Security

Process Sandbox

When yule serve or yule run starts (without --no-sandbox), the process is placed in a platform-specific sandbox before the model is loaded. Even parsing and weight loading run inside the sandbox.

Windows — Job Objects

• Memory limit — 32GB default via RLIMIT_AS simulation, prevents runaway allocations
• No child spawning — ActiveProcessLimit = 1, the process can't fork or exec
• Kill-on-close — if the Job Object handle is closed (crash, parent exit), the process is terminated
• UI restrictions — clipboard, desktop switching, display settings, global atoms, user handles, system parameters all blocked
• RAII cleanup — SandboxGuard calls CloseHandle on drop

Linux — seccomp-BPF + Landlock + rlimit

Three layers applied in order:

1. rlimit — RLIMIT_AS caps virtual memory at 32GB
2. Landlock (kernel 5.13+) — filesystem restriction:
   • Model file: read-only
   • /dev/dri, /dev/nvidia*: read + ioctl (only if --backend vulkan)
   • /usr/lib, /lib, /proc/self: read-only (dynamic linker, shared libraries)
   • Everything else: denied
   • Graceful degradation on older kernels
3. seccomp-BPF — syscall allowlist (~60 base syscalls):
   • Memory management, file I/O, threads, signals, time, epoll
   • Networking syscalls (socket, bind, listen, accept4, etc.) only if allow_network
   • ioctl only if allow_gpu (Vulkan/DRM driver communication)
   • Default action: EPERM for unlisted syscalls (debuggable, not SIGKILL)

macOS — Seatbelt + rlimit

1. rlimit — RLIMIT_AS caps virtual memory at 32GB
2. Seatbelt — dynamically-built SBPL profile via sandbox_init():
   • (deny default) — everything denied unless explicitly allowed
   • Model file: read-only
   • System libraries (/usr/lib, /System/Library, /Library/Apple): read-only
   • /dev/urandom, /dev/random: read-only (CSPRNG)
   • GPU (iokit-open, /Library/GPUBundles): only if allow_gpu
   • Networking (network-outbound, network-inbound, network-bind): only if allow_network
   • Profile is permanent once applied — cannot be undone

Sandbox Configuration

The sandbox adapts based on the command:

Future Work

The current sandbox is in-process (Phase A).
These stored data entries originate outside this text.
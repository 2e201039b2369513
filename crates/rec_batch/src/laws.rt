ghost use Rattle.std.specs.Prelude.{◌≡◌, ◌<◌, ℕ, List, [], ◌∷◌, length};
ghost use Rattle.share_model.specs.declared.fault.BatchFault.{BatchFault};
ghost use Rattle.rec_batch.specs.Batches.{IsBatch, IsFirstFault};
ghost use Rattle.rec_batch.specs.Grammar.{Record};
ghost use Rattle.rec_batch.specs.Places.{SplitsAt};
ghost use Rattle.rec_batch.specs.declared.form.Form.{Form};
ghost use Rattle.rec_batch.specs.declared.form.Form.TheVariants.{Stored};

/// Bytes have one first fault at most, and those of a batch have none.
pub fn bytes_have_one_first_fault()
    ensures one { (form : Form) (bytes : List ℕ) (fault other : BatchFault) →
        IsFirstFault form bytes fault → IsFirstFault form bytes other → fault ≡ other }
    ensures none { (form : Form) (bytes : List ℕ) (fault : BatchFault) (records : List Record) →
        IsFirstFault form bytes fault → IsBatch form bytes records → ⊥ }
{}

/// The first record of a stored batch begins at 61. A record begins before the end, and behind the last one is the end.
pub fn records_stand_one_behind_another()
    ensures first { (bytes : List ℕ) (records : List Record) → IsBatch Stored bytes records → SplitsAt bytes 61 [] records }
    ensures more { (bytes : List ℕ) (place : ℕ) (before behind : List Record) (r : Record) →
        SplitsAt bytes place before (r ∷ behind) → place < length bytes }
    ensures end { (bytes : List ℕ) (place : ℕ) (before : List Record) → SplitsAt bytes place before [] → place ≡ length bytes }
{}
Phase B will implement a broker-target architecture:

• Broker (main process) — parses CLI args, validates model, spawns target
• Target (child process) — receives model file descriptor via IPC, runs inference, returns tokens
• Privilege separation — broker holds no model data, target has no network access

Merkle Verification

At model load time, Yule builds a blake3 Merkle tree over all tensor data:

1. The tensor payload (everything after the GGUF header) is split into 1MB chunks
2. Each chunk is hashed with blake3
3. Leaf hashes are combined into a binary Merkle tree
4. The 256-bit root hash is stored in memory

This root hash appears in every /yule/chat response under integrity.model_merkle_root. You can verify it matches the hash from yule verify:

# on disk
yule verify ./model.gguf
# → merkle root: ffc7e1fd6016a6f9...

# from the API
curl -H "Authorization: Bearer $TOKEN" http://localhost:11434/yule/model
# → "merkle_root": "ffc7e1fd6016a6f9..."

If someone swaps a tensor in the model file, the Merkle root changes. If the API returns a different root than what you verified, the model has been tampered with.

Authentication

The API uses blake3-derived capability tokens:

1. On startup, 32 bytes of OS entropy are collected via getrandom
2. Token derivation: blake3(master_secret || counter || timestamp), truncated to 24 bytes, hex-encoded with yule_ prefix
3. Only the blake3 hash of the token is stored — the server never keeps plaintext tokens in memory after generation
4. Verification: hash the provided token, compare against stored hashes

Tokens look like: yule_b49913e2c05162951af4f87d62c2c9a6555eb91299c7fdcc

You can also provide your own token with --token, in which case its hash is stored the same way.